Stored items
/---

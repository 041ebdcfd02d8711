ghost use Rattle.std.specs.Prelude.{◌≡◌, ◌∷◌, ◌++◌, [], OnOk, OnErr};

use crate::calls::Calls;
use crate::sink::{Sink, SinkFault};
use act1_base::Memory;
use std::alloc::Global;

/// A place to print in memory. Its calls of `put` are counted from 1, and those that `fail` lists
/// fail.
#[derive(Debug, Drop)]
pub struct MemorySink {
    bytes: Vec<u8>,
    calls: Calls,
    faults: u64,
    unprinted: u64,
}

impl MemorySink {
    ghost use Rattle.std.specs.Prelude.{Some};
    ghost use Rattle.act1_outside.specs.Calls.{with_failing};
    ghost use Rattle.act1_outside.specs.MemorySink.{paper_of, calls_of};

    /// Nothing was printed, no call was made, none is to fail, and no fault is counted. It takes no
    /// memory.
    pub fn new(alloc: Global) -> MemorySink
        ensures paper { paper_of result ≡ record { printed = Some []; faults = 0; unprinted = 0 } }
        ensures calls { calls_of result ≡ record { made = 0; failing = [] } }
    {
        MemorySink {
            bytes: Vec::new(alloc),
            calls: Calls::new(alloc),
            faults: 0,
            unprinted: 0,
        }
    }

    /// Lists a call that is to fail, by its number. It then prints nothing. After `Memory` the list
    /// is as it was.
    pub fn fail(&mut self, call: u64) -> Result<(), Memory>
        ensures ok { OnOk result (calls_of self.new ≡ with_failing call (calls_of self.old)) }
        ensures err { OnErr result (calls_of self.new ≡ calls_of self.old) }
        ensures kept { paper_of self.new ≡ paper_of self.old }
    {
        self.calls.fail(call)
    }

    /// All bytes that were printed.
    pub fn bytes(&self) -> &[u8]
        ensures { (paper_of self.now).printed ≡ Some result.now }
    {
        self.bytes.as_slice()
    }
}

impl Sink for MemorySink {
    ghost use Rattle.std.specs.Prelude.{◌↔◌, IsTrue, IsErrOf};
    ghost use Rattle.act1_outside.specs.Outside.{Puts};
    ghost use Rattle.act1_outside.specs.Faults.{count_after};
    ghost use Rattle.act1_outside.specs.Calls.{one_more, next_fails};
    ghost use Rattle.act1_outside.specs.MemorySink.{paper_of, calls_of};

    ghost seen = { paper_of };

    /// Prints the bytes. It fails exactly where the call is listed, and at any error nothing was
    /// printed.
    fn put(&mut self, bytes: &[u8]) -> Result<(), SinkFault>
        ensures puts { Puts bytes.now (paper_of self.old) result (paper_of self.new) }
        ensures listed { IsErrOf result SinkFault.Failed ↔ IsTrue (next_fails (calls_of self.old)) }
        ensures err { OnErr result ((paper_of self.new).printed ≡ (paper_of self.old).printed) }
        ensures faults { (paper_of self.new).faults ≡
            count_after (next_fails (calls_of self.old)) (paper_of self.old).faults }
        ensures calls { calls_of self.new ≡ one_more (calls_of self.old) }
    {
        if self.calls.count() {
            self.faults = self.faults.saturating_add(1);
            return Err(SinkFault::Failed);
        }
        if self.bytes.extend_from_slice(bytes).is_err() {
            self.unprinted = self.unprinted.saturating_add(1);
            return Err(SinkFault::Memory);
        }
        Ok(())
    }
}
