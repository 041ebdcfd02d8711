ghost use Rattle.std.specs.Prelude.{◌≡◌, ◌+◌, ℕ, List, OnOk, OnErr};
ghost use Rattle.act1_outside.specs.Faults.{Rose, OnlyAt};
ghost use Rattle.act1_outside.specs.Failures.{failures_of};

use act1_base::{Items, Memory, Name};
use std::alloc::Global;

/// The names of the failed calls of one kind, each as often as a call with it failed. They are the
/// count of faults of an object that meets `Files`.
#[derive(Drop)]
pub struct Failures {
    alloc: Global,
    names: Items<Name>,
}

impl Failures {
    /// No call failed. It takes no memory.
    pub fn new(alloc: Global) -> Failures
        ensures { (name : List ℕ) → failures_of result name ≡ 0 }
    {
        Failures {
            alloc,
            names: Items::new(alloc),
        }
    }

    /// Counts a failed call of a name. After `Memory` nothing is counted.
    #[tactic(auto, using(crate::proofs::Times::noted))]
    pub fn note(&mut self, name: &str) -> Result<(), Memory>
        ensures one { OnOk result (failures_of self.new name.now ≡ failures_of self.old name.now + 1) }
        ensures rose { OnOk result (Rose (failures_of self.old name.now) (failures_of self.new name.now)) }
        ensures at { OnOk result (OnlyAt name.now (failures_of self.old) (failures_of self.new)) }
        ensures err { OnErr result (self.new ≡ self.old) }
    {
        self.names.push(Name::new(self.alloc, name.as_bytes())?)
    }
}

\---

§ Assignment
An exact copy of every record above is what's needed here.

§ Finished task
repository 041ebdcfd02d8711
ghost use Rattle.std.specs.Prelude.{◌≡◌, ◌∷◌, ◌++◌, [], OnOk, OnErr};

use crate::calls::Calls;
use crate::sink::{Sink, SinkFault};
use act1_base::Memory;
use std::alloc::Global;

/// A place to print in memory. Its calls of `put` are counted from 1, and those that `fail` lists
/// fail.
#[derive(Debug, Drop)]
pub struct MemorySink {
    bytes: Vec<u8>,
    calls: Calls,
    faults: u64,
    unprinted: u64,
}

impl MemorySink {
    ghost use Rattle.std.specs.Prelude.{Some};
    ghost use Rattle.act1_outside.specs.Calls.{with_failing};
    ghost use Rattle.act1_outside.specs.MemorySink.{paper_of, calls_of};

    /// Nothing was printed, no call was made, none is to fail, and no fault is counted. It takes no
    /// memory.
    pub fn new(alloc: Global) -> MemorySink
        ensures paper { paper_of result ≡ record { printed = Some []; faults = 0; unprinted = 0 } }
        ensures calls { calls_of result ≡ record { made = 0; failing = [] } }
    {
        MemorySink {
            bytes: Vec::new(alloc),
            calls: Calls::new(alloc),
            faults: 0,
            unprinted: 0,
        }
    }

    /// Lists a call that is to fail, by its number. It then prints nothing. After `Memory` the list
    /// is as it was.
    pub fn fail(&mut self, call: u64) -> Result<(), Memory>
        ensures ok { OnOk result (calls_of self.new ≡ with_failing call (calls_of self.old)) }
        ensures err { OnErr result (calls_of self.new ≡ calls_of self.old) }
        ensures kept { paper_of self.new ≡ paper_of self.old }
    {
        self.calls.fail(call)
    }

    /// All bytes that were printed.
    pub fn bytes(&self) -> &[u8]
        ensures { (paper_of self.now).printed ≡ Some result.now }
    {
        self.bytes.as_slice()
    }
}

impl Sink for MemorySink {
    ghost use Rattle.std.specs.Prelude.{◌↔◌, IsTrue, IsErrOf};
    ghost use Rattle.act1_outside.specs.Outside.{Puts};
    ghost use Rattle.act1_outside.specs.Faults.{count_after};
    ghost use Rattle.act1_outside.specs.Calls.{one_more, next_fails};
    ghost use Rattle.act1_outside.specs.MemorySink.{paper_of, calls_of};

    ghost seen = { paper_of };

    /// Prints the bytes. It fails exactly where the call is listed, and at any error nothing was
    /// printed.
    fn put(&mut self, bytes: &[u8]) -> Result<(), SinkFault>
        ensures puts { Puts bytes.now (paper_of self.old) result (paper_of self.new) }
        ensures listed { IsErrOf result SinkFault.Failed ↔ IsTrue (next_fails (calls_of self.old)) }
        ensures err { OnErr result ((paper_of self.new).printed ≡ (paper_of self.old).printed) }
        ensures faults { (paper_of self.new).faults ≡
            count_after (next_fails (calls_of self.old)) (paper_of self.old).faults }
        ensures calls { calls_of self.new ≡ one_more (calls_of self.old) }
    {
        if self.calls.count() {
            self.faults = self.faults.saturating_add(1);
            return Err(SinkFault::Failed);
        }
        if self.bytes.extend_from_slice(bytes).is_err() {
            self.unprinted = self.unprinted.saturating_add(1);
            return Err(SinkFault::Memory);
        }
        Ok(())
    }
}
repository 041ebdcfd02d8711
ghost use Rattle.std.specs.Prelude.{◌≡◌, ◌+◌, ℕ, List, OnOk, OnErr};
ghost use Rattle.act1_outside.specs.Faults.{Rose, OnlyAt};
ghost use Rattle.act1_outside.specs.Failures.{failures_of};

use act1_base::{Items, Memory, Name};
use std::alloc::Global;

/// The names of the failed calls of one kind, each as often as a call with it failed. They are the
/// count of faults of an object that meets `Files`.
#[derive(Drop)]
pub struct Failures {
    alloc: Global,
    names: Items<Name>,
}

impl Failures {
    /// No call failed. It takes no memory.
    pub fn new(alloc: Global) -> Failures
        ensures { (name : List ℕ) → failures_of result name ≡ 0 }
    {
        Failures {
            alloc,
            names: Items::new(alloc),
        }
    }

    /// Counts a failed call of a name. After `Memory` nothing is counted.
    #[tactic(auto, using(crate::proofs::Times::noted))]
    pub fn note(&mut self, name: &str) -> Result<(), Memory>
        ensures one { OnOk result (failures_of self.new name.now ≡ failures_of self.old name.now + 1) }
        ensures rose { OnOk result (Rose (failures_of self.old name.now) (failures_of self.new name.now)) }
        ensures at { OnOk result (OnlyAt name.now (failures_of self.old) (failures_of self.new)) }
        ensures err { OnErr result (self.new ≡ self.old) }
    {
        self.names.push(Name::new(self.alloc, name.as_bytes())?)
    }
}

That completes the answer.